Industri Tekstil dan Produk Tekstil harus Ganti Paradigma
Dero Iqbal Mahendra
10/8/2015 00:00
()
Direktur Jendral Industri Kimia, Tekstil, dan Aneka Kementerian Perindustrian Harjanto mengingatkan bahwa kedepannya Indutsri tekstil dan produk tekstil harus mengganti paradigma mereka bila masih ingin terus berkembang dan bersaing dalam era pasar bebas nantinya.
Harjanto menjelaskan meski saat ini Industri tekstil masih mengalami surplus non migas sebesar US$4,17 miliar untuk produk tekstil namun angka tersebut sejatinya masih menunjukkan kerarah penurunan. Hal tersebut dikarenakan Indonesia pernah mengalami surplus hingga US$5 miliar dari produk tekstil.
"Perlahan tetapi pasti itu terlihat trend menurun, seperti pertumbuhan industri nasional yang juga menurun. Padahal Industri tekstil sendiri menyerap tenaga kerja sekitar 2,8 juta orang," terang Harjanto di Jakarta, Senin (10/8).
Industri tekstil, alas kaki dan aneka menurut dirinya masuk kedalam jenis industri yang menyerap tenaga kerja besar namun posisinya tidak stabil karena sangat dipengaruhi oleh harga dan kemampuan dari SDM suatu negara.

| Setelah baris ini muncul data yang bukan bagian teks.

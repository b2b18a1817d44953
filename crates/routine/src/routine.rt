// Accepted routines.
ghost use Rattle.std.specs.Prelude.{◌≡◌, ℕ, true, take};
ghost use Rattle.routine.specs.Graph.{nexts_inside};

mod asking;
mod judging;
mod reading;

use crate::text::Text;

// A text that the rules accept. Every next step of a step is one of the routine, so that a run need not look.
#[derive(Clone, Copy)]
pub struct Routine {
    text: Text,
    ghost inside: { (i : ℕ) → nexts_inside (take text.count text.steps) i ≡ true },
}
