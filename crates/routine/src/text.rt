// The steps of a body.
ghost use Rattle.std.specs.Prelude.{◌≡◌, ◌<◌, ◌≤◌, length};

mod reading;

pub(crate) use reading::{measure, read_text, step_in};
use steps::step::Step;

// 1 to 256 steps, in the first places of an array. Nothing is said of how they hang together.
// An array with a count, since a routine is `Copy`, which its callers may use and an `ArrayVec` is not; there is no heap.
// `long` is a field, since lemmas about texts know of one only what its fields say.
#[derive(Clone, Copy)]
pub(crate) struct Text {
    steps: [Step; 256],
    count: u16,
    ghost some: { 0 < count },
    ghost few: { count ≤ 256 },
    ghost long: { length steps ≡ 256 },
}
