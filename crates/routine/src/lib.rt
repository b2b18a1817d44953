// Routines: bodies that the rules accept, and the verdict on claims about their checks.
#![tactic(auto)]

mod flow;
pub mod routine;
mod rules;
mod text;
pub mod verdict;

// The guard of the marks that a verdict takes.
pub use search::Marks;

Bila ada negara yang menawarkan SDM yang lebih murah dan efisien maka modal tersebut akan sangat mudah berpindah.
Industri tekstil Indonesia kedepannya tidak bisa hanya mempertahankan pola yang ada sekarang ini. Saat ini industri tekstil dan garment Indonesia lebih kepada pengerjakan produk orang didalam negeri, meski secara jumlah dapat meningkatkan penyerapan tenaga kerja namun untuk jangka panjang Indonesia tidak bisa bertahan hanya dengan kondisi seperti itu.
"Untuk itu perlu perubahan strategi pengembangan industri tekstil dan alas kaki untuk diarahkan lebih kepada membangun nilai tambah yang dalam hal ini meningkatkan inovasi dan modernisasi dari industri itu sendiri. Industri tekstil dan produk tekstil harus berorientasi kepada industri kreatif untuk keberlangsungan industri tekstil. Bentuknya bisa sebagai pusat desain atau bahkan memiliki national brand sendir," ungkap Harjanto.
Selama ini Indonesia hanya mendapat keuntungan dari ongkos produksi padahal 80% value dari produk tersebut dikuasai oleh pemilik branding. Meski begitu Harjanto mengakui bahwa membangun branding tidak bisa dalam waktu singkat dan perlu upaya secara terus menerus secara konsisten dan berkesinambungan.
"Misalnya saja memanfaatkan komodo sebagai icon branding Indonesia. Caranya dengan membuka outlet-outlet permanen di bandara-bandara internasional dengan branding komodo agar produk Indonesia dikenal lebih jauh lagi. Selama ini persoalannya produk Indonesia yang selama ini di pamerkan di luar negeri brandingnya tidak dikenal secara luas di masyarakat internasional, nantinya dengan pola seperti itu diharapkan akan dapat mengenalkan baranding Indonesia lebih baik lagi secara berkesinambungan," pungkas Harjanto.(Q-1)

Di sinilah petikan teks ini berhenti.